Buenos días, estoy teniendo un problema con este programa y quería ver si me pueden ayudar...

Lo que debería hacer el programa es preguntar la palabra con la que se jugará al ahorcado, luego borra la pantalla. Después pide que ingreses una letra de la palabra, si esta coincide con una letra de la palabra ingresada, dará un mensaje por pantalla diciendo ""Ha acertado una de las letras: " y al lado la letra que acertó, y le sumará 1 al contador del while. Sigue el programa aumentando 1 a contador 2 hasta que este tenga la cantidad de letras de la palabra ingresada (así compobará letra por letra). Se sale del while general cuando la cantidad de letras sea la misma a la palabra que se ingreso (se saldría recién cuando adivinen todas las letras).
Cuando sale de los while (que por ende ya estaría adivinada la palabra) da un mensaje  diciendo "¡Adivino la palabra!: " y al lado "lapalabraqueseingresó".

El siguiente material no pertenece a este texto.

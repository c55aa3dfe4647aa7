//! The values of constant expressions (C99 6.6).

ghost use Rattle.std.specs.Prelude.{◌≡◌, IfOk};
ghost use Rattle.integers.specs.Integers.{IsInteger, IsPromoted, converted, promoted};
ghost use Rattle.integers.specs.Operators.{binary_of, unary_of};
ghost use Rattle.typing_rules.specs.Constants as pure;
ghost use Rattle.typing_rules.specs.Constants.{IsKindValue, IsWithin};

use block_layout::Kind;
use integers::{BinOp, UnOp, binary, unary};
use typing_rules::Constant;
use typing_rules::constants::{cast_constant, converted, working_kind};
use upc_types::{promoted, usual};

fn right_kind(op: BinOp, a: Kind, b: Kind) -> Kind
    requires left { IsInteger a }
    requires right { IsInteger b }
    ensures value { result ≡ pure.right_kind op a b }
    ensures promoted { IsPromoted result }
{
    match op {
        BinOp::ShiftLeft | BinOp::ShiftRight => promoted(b),
        _ => usual(a, b),
    }
}

fn valued(v: Result<i128, u8>) -> Constant
    requires { IfOk v IsKindValue }
    ensures value { result ≡ pure.known_value v }
    ensures within { IsWithin result }
{
    match v {
        Ok(v) => Constant::Known(v),
        Err(_) => Constant::Undefined,
    }
}

fn binary_known(op: BinOp, a: Kind, b: Kind, v: i128, w: i128) -> Constant
    requires left { IsInteger a }
    requires right { IsInteger b }
    ensures value { result
        ≡ pure.known_value (binary_of op (pure.working_kind op a b)
        (converted (pure.working_kind op a b) v) (converted (pure.right_kind op a b) w)) }
    ensures within { IsWithin result }
{
    let kind = working_kind(op, a, b);
    let left = converted(kind, v);
    let right = converted(right_kind(op, a, b), w);
    valued(binary(op, kind, left, right))
}

/// A binary operator on two constants of these kinds (C99 6.5.5 to 6.5.12).
pub fn binary_constant(op: BinOp, a: Kind, b: Kind, x: Constant, y: Constant) -> Constant
    requires left { IsInteger a }
    requires right { IsInteger b }
    ensures value { result ≡ pure.binary_constant op a b x y }
    ensures within { IsWithin result }
{
    match (x, y) {
        (Constant::Known(v), Constant::Known(w)) => binary_known(op, a, b, v, w),
        (Constant::Known(_), Constant::Undefined)
        | (Constant::Undefined, Constant::Known(_))
        | (Constant::Undefined, Constant::Undefined) => Constant::Undefined,
        _ => Constant::Variable,
    }
}

fn unary_known(op: UnOp, a: Kind, v: i128) -> Constant
    requires { IsInteger a }
    ensures value { result ≡ pure.known_value (unary_of op (promoted a) (converted (promoted a) v)) }
    ensures within { IsWithin result }
{
    let kind = promoted(a);
    valued(unary(op, kind, converted(kind, v)))
}

/// A unary operator on a constant of this kind (C99 6.5.3.3).
pub fn unary_constant(op: UnOp, a: Kind, x: Constant) -> Constant
    requires { IsInteger a }
    ensures value { result ≡ pure.unary_constant op a x }
    ensures within { IsWithin result }
{
    match x {
        Constant::Known(v) => unary_known(op, a, v),
        Constant::Undefined => Constant::Undefined,
        _ => Constant::Variable,
    }
}

fn is_integral(x: Constant) -> bool
    ensures { result ≡ pure.is_integral x }
{
    matches!(x, Constant::Known(_) | Constant::Undefined)
}

// 1 for what is not 0.
fn truth_of(x: Constant) -> Constant
    ensures value { result ≡ pure.truth_constant x }
    ensures within { IsWithin result }
{
    match x {
        Constant::Known(v) => Constant::Known(if v == 0 { 0 } else { 1 }),
        Constant::Undefined => Constant::Undefined,
        _ => Constant::Variable,
    }
}

fn if_integral(x: Constant, chosen: Constant) -> Constant
    requires { IsWithin chosen }
    ensures value { result ≡ pure.if_integral x chosen }
    ensures within { IsWithin result }
{
    if is_integral(x) {
        chosen
    } else {
        Constant::Variable
    }
}

/// `a && b` (C99 6.5.13).
pub fn and_constant(x: Constant, y: Constant) -> Constant
    ensures value { result ≡ pure.and_constant x y }
    ensures within { IsWithin result }
{
    match x {
        Constant::Known(v) => {
            if v == 0 {
                if_integral(y, Constant::Known(0))
            } else {
                truth_of(y)
            }
        }
        Constant::Undefined => if_integral(y, Constant::Undefined),
        _ => Constant::Variable,
    }
}

/// `a || b` (C99 6.5.14).
pub fn or_constant(x: Constant, y: Constant) -> Constant
    ensures value { result ≡ pure.or_constant x y }
    ensures within { IsWithin result }
{
    match x {
        Constant::Known(v) => {
            if v == 0 {
                truth_of(y)
            } else {
                if_integral(y, Constant::Known(1))
            }
        }
        Constant::Undefined => if_integral(y, Constant::Undefined),
        _ => Constant::Variable,
    }
}

/// `test ? a : b` of integers at their common kind (C99 6.5.15).
pub fn choice_constant(kind: Kind, test: Constant, a: Constant, b: Constant) -> Constant
    requires { IsInteger kind }
    ensures value { result ≡ pure.choice_constant kind test a b }
    ensures within { IsWithin result }
{
    if !(is_integral(a) && is_integral(b)) {
        return Constant::Variable;
    }
    match test {
        Constant::Known(v) => cast_constant(kind, if v == 0 { b } else { a }),
        Constant::Undefined => Constant::Undefined,
        _ => Constant::Variable,
    }
}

El código es este, aver si alguien puede ayudarme 


```
#include <stdio.h>
#include <stdlib.h>

int main(){
    int cont,cont2,ing;
    char palabra[10];

    cont=0;
    cont2=0;

    printf("Ingrese la palabra para jugar al ahorcado: ");
    scanf("%s",&palabra);

    while (cont<strlen(palabra)){
        palabra[cont]=toupper(palabra[cont]);
        cont++;}

    cont=0;

    system("cls");

    while (cont<strlen(palabra)){
    printf("Ingrese una letra de la palabra: ");
    scanf("%s",&ing);
    while (cont2<strlen(palabra)){
    if (ing==palabra[cont2]){
        printf("Ha acertado una de las letras: ");
        printf("%s",ing);
        cont++;}
        cont2++;}}

    printf("¡Adivino la palabra!: ");
    printf("%s",palabra);

    return 0;
}
```


----------



## Dr. Zoidberg (Oct 5, 2016)

Davok dijo:


> Buenos días, *estoy teniendo un problema* con este programa y quería ver si me pueden ayudar...


Y cual se supone que es el problema...???   

PD: Bastante ESPANTOSA la forma de poner las llaves de apertura y cierre...


----------



## Davok (Oct 5, 2016)

Dr. Zoidberg dijo:


> Y cual se supone que es el problema...???
> 
> PD: Bastante ESPANTOSA la forma de poner las llaves de apertura y cierre...



El problema es que al ingresar una letra correctamente sigue pidiendo que ingreses y no hace nada, ni da el mensaje de "Ha acertado una letra"!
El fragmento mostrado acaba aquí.